## WHAT IS NEEDED
For every record here, output an exact copy.

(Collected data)
★ ★ ★ ★

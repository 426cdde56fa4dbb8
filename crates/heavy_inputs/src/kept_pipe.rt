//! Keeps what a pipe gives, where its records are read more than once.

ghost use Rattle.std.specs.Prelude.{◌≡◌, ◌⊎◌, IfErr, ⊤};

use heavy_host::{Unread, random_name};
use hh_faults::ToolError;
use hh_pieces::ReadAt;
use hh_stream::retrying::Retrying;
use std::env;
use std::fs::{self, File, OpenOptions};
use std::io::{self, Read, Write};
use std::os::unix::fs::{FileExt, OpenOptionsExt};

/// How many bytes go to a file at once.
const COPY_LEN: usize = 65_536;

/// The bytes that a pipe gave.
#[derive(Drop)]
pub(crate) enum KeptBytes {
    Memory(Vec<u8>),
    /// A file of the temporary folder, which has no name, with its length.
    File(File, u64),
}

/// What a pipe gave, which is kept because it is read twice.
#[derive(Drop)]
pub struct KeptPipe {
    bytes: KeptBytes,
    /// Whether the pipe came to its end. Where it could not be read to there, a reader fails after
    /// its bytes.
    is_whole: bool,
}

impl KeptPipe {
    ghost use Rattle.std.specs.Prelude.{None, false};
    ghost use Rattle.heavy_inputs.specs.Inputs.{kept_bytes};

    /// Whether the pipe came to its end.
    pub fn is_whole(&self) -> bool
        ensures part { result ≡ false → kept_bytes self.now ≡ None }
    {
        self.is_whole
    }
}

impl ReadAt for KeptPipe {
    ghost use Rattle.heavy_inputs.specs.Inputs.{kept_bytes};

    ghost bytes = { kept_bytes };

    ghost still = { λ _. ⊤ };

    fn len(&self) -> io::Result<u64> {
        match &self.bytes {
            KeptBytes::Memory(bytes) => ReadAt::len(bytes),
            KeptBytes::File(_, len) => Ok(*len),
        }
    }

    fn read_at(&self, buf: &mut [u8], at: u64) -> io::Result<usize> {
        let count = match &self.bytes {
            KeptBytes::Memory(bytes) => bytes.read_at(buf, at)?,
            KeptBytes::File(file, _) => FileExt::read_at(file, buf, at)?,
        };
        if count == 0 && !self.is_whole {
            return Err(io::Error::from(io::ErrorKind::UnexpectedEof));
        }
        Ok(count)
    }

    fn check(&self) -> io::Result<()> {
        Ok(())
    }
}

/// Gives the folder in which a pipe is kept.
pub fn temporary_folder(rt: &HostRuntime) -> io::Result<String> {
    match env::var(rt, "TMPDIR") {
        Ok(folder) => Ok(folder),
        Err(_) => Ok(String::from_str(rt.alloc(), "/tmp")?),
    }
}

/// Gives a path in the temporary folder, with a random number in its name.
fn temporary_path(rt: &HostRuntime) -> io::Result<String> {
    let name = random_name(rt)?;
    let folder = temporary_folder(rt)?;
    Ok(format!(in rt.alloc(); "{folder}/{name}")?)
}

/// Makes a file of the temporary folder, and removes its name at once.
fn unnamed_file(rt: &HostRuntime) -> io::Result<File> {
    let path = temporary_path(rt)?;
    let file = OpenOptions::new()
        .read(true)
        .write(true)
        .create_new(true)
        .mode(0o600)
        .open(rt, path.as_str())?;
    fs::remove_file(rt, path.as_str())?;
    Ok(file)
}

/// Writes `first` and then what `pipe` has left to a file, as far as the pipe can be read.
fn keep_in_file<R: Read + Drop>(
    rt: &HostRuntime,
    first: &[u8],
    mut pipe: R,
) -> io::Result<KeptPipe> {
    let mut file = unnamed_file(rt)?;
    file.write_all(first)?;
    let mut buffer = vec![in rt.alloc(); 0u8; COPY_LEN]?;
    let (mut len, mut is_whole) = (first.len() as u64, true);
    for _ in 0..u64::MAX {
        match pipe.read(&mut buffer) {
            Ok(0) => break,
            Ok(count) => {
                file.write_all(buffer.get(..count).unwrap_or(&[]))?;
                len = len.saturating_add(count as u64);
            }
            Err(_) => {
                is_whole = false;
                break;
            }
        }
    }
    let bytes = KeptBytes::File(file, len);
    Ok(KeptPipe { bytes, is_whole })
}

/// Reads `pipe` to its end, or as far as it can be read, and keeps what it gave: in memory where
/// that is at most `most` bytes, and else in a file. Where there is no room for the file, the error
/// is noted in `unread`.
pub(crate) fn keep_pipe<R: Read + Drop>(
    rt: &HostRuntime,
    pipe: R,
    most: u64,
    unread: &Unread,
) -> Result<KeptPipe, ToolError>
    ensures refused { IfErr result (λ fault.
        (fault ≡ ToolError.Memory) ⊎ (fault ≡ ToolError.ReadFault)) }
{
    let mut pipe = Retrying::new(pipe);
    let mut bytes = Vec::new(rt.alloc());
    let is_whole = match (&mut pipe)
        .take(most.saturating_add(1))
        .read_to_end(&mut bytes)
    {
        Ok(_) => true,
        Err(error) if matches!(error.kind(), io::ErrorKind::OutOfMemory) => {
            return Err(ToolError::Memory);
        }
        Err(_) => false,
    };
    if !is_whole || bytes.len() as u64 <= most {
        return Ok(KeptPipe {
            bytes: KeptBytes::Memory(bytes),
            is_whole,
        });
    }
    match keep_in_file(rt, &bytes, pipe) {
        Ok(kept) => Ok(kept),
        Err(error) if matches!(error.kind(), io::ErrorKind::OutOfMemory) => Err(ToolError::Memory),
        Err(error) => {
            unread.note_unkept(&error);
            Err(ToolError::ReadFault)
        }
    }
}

★ ★ ★ ★

## TASK RESULT
repository 426cdde56fa4dbb8
filename crates/heavy_inputs/src/kept_pipe.rt
//! Keeps what a pipe gives, where its records are read more than once.

ghost use Rattle.std.specs.Prelude.{◌≡◌, ◌⊎◌, IfErr, ⊤};

use heavy_host::{Unread, random_name};
use hh_faults::ToolError;
use hh_pieces::ReadAt;
use hh_stream::retrying::Retrying;
use std::env;
use std::fs::{self, File, OpenOptions};
use std::io::{self, Read, Write};
use std::os::unix::fs::{FileExt, OpenOptionsExt};

/// How many bytes go to a file at once.
const COPY_LEN: usize = 65_536;

/// The bytes that a pipe gave.
#[derive(Drop)]
pub(crate) enum KeptBytes {
    Memory(Vec<u8>),
    /// A file of the temporary folder, which has no name, with its length.
    File(File, u64),
}

/// What a pipe gave, which is kept because it is read twice.
#[derive(Drop)]
pub struct KeptPipe {
    bytes: KeptBytes,
    /// Whether the pipe came to its end. Where it could not be read to there, a reader fails after
    /// its bytes.
    is_whole: bool,
}

impl KeptPipe {
    ghost use Rattle.std.specs.Prelude.{None, false};
    ghost use Rattle.heavy_inputs.specs.Inputs.{kept_bytes};

    /// Whether the pipe came to its end.
    pub fn is_whole(&self) -> bool
        ensures part { result ≡ false → kept_bytes self.now ≡ None }
    {
        self.is_whole
    }
}

impl ReadAt for KeptPipe {
    ghost use Rattle.heavy_inputs.specs.Inputs.{kept_bytes};

    ghost bytes = { kept_bytes };

    ghost still = { λ _. ⊤ };

    fn len(&self) -> io::Result<u64> {
        match &self.bytes {
            KeptBytes::Memory(bytes) => ReadAt::len(bytes),
            KeptBytes::File(_, len) => Ok(*len),
        }
    }

    fn read_at(&self, buf: &mut [u8], at: u64) -> io::Result<usize> {
        let count = match &self.bytes {
            KeptBytes::Memory(bytes) => bytes.read_at(buf, at)?,
            KeptBytes::File(file, _) => FileExt::read_at(file, buf, at)?,
        };
        if count == 0 && !self.is_whole {
            return Err(io::Error::from(io::ErrorKind::UnexpectedEof));
        }
        Ok(count)
    }

    fn check(&self) -> io::Result<()> {
        Ok(())
    }
}

/// Gives the folder in which a pipe is kept.
pub fn temporary_folder(rt: &HostRuntime) -> io::Result<String> {
    match env::var(rt, "TMPDIR") {
        Ok(folder) => Ok(folder),
        Err(_) => Ok(String::from_str(rt.alloc(), "/tmp")?),
    }
}

/// Gives a path in the temporary folder, with a random number in its name.
fn temporary_path(rt: &HostRuntime) -> io::Result<String> {
    let name = random_name(rt)?;
    let folder = temporary_folder(rt)?;
    Ok(format!(in rt.alloc(); "{folder}/{name}")?)
}

/// Makes a file of the temporary folder, and removes its name at once.
fn unnamed_file(rt: &HostRuntime) -> io::Result<File> {
    let path = temporary_path(rt)?;
    let file = OpenOptions::new()
        .read(true)
        .write(true)
        .create_new(true)
        .mode(0o600)
        .open(rt, path.as_str())?;
    fs::remove_file(rt, path.as_str())?;
    Ok(file)
}

/// Writes `first` and then what `pipe` has left to a file, as far as the pipe can be read.
fn keep_in_file<R: Read + Drop>(
    rt: &HostRuntime,
    first: &[u8],
    mut pipe: R,
) -> io::Result<KeptPipe> {
    let mut file = unnamed_file(rt)?;
    file.write_all(first)?;
    let mut buffer = vec![in rt.alloc(); 0u8; COPY_LEN]?;
    let (mut len, mut is_whole) = (first.len() as u64, true);
    for _ in 0..u64::MAX {
        match pipe.read(&mut buffer) {
            Ok(0) => break,
            Ok(count) => {
                file.write_all(buffer.get(..count).unwrap_or(&[]))?;
                len = len.saturating_add(count as u64);
            }
            Err(_) => {
                is_whole = false;
                break;
            }
        }
    }
    let bytes = KeptBytes::File(file, len);
    Ok(KeptPipe { bytes, is_whole })
}

/// Reads `pipe` to its end, or as far as it can be read, and keeps what it gave: in memory where
/// that is at most `most` bytes, and else in a file. Where there is no room for the file, the error
/// is noted in `unread`.
pub(crate) fn keep_pipe<R: Read + Drop>(
    rt: &HostRuntime,
    pipe: R,
    most: u64,
    unread: &Unread,
) -> Result<KeptPipe, ToolError>
    ensures refused { IfErr result (λ fault.
        (fault ≡ ToolError.Memory) ⊎ (fault ≡ ToolError.ReadFault)) }
{
    let mut pipe = Retrying::new(pipe);
    let mut bytes = Vec::new(rt.alloc());
    let is_whole = match (&mut pipe)
        .take(most.saturating_add(1))
        .read_to_end(&mut bytes)
    {
        Ok(_) => true,
        Err(error) if matches!(error.kind(), io::ErrorKind::OutOfMemory) => {
            return Err(ToolError::Memory);
        }
        Err(_) => false,
    };
    if !is_whole || bytes.len() as u64 <= most {
        return Ok(KeptPipe {
            bytes: KeptBytes::Memory(bytes),
            is_whole,
        });
    }
    match keep_in_file(rt, &bytes, pipe) {
        Ok(kept) => Ok(kept),
        Err(error) if matches!(error.kind(), io::ErrorKind::OutOfMemory) => Err(ToolError::Memory),
        Err(error) => {
            unread.note_unkept(&error);
            Err(ToolError::ReadFault)
        }
    }
}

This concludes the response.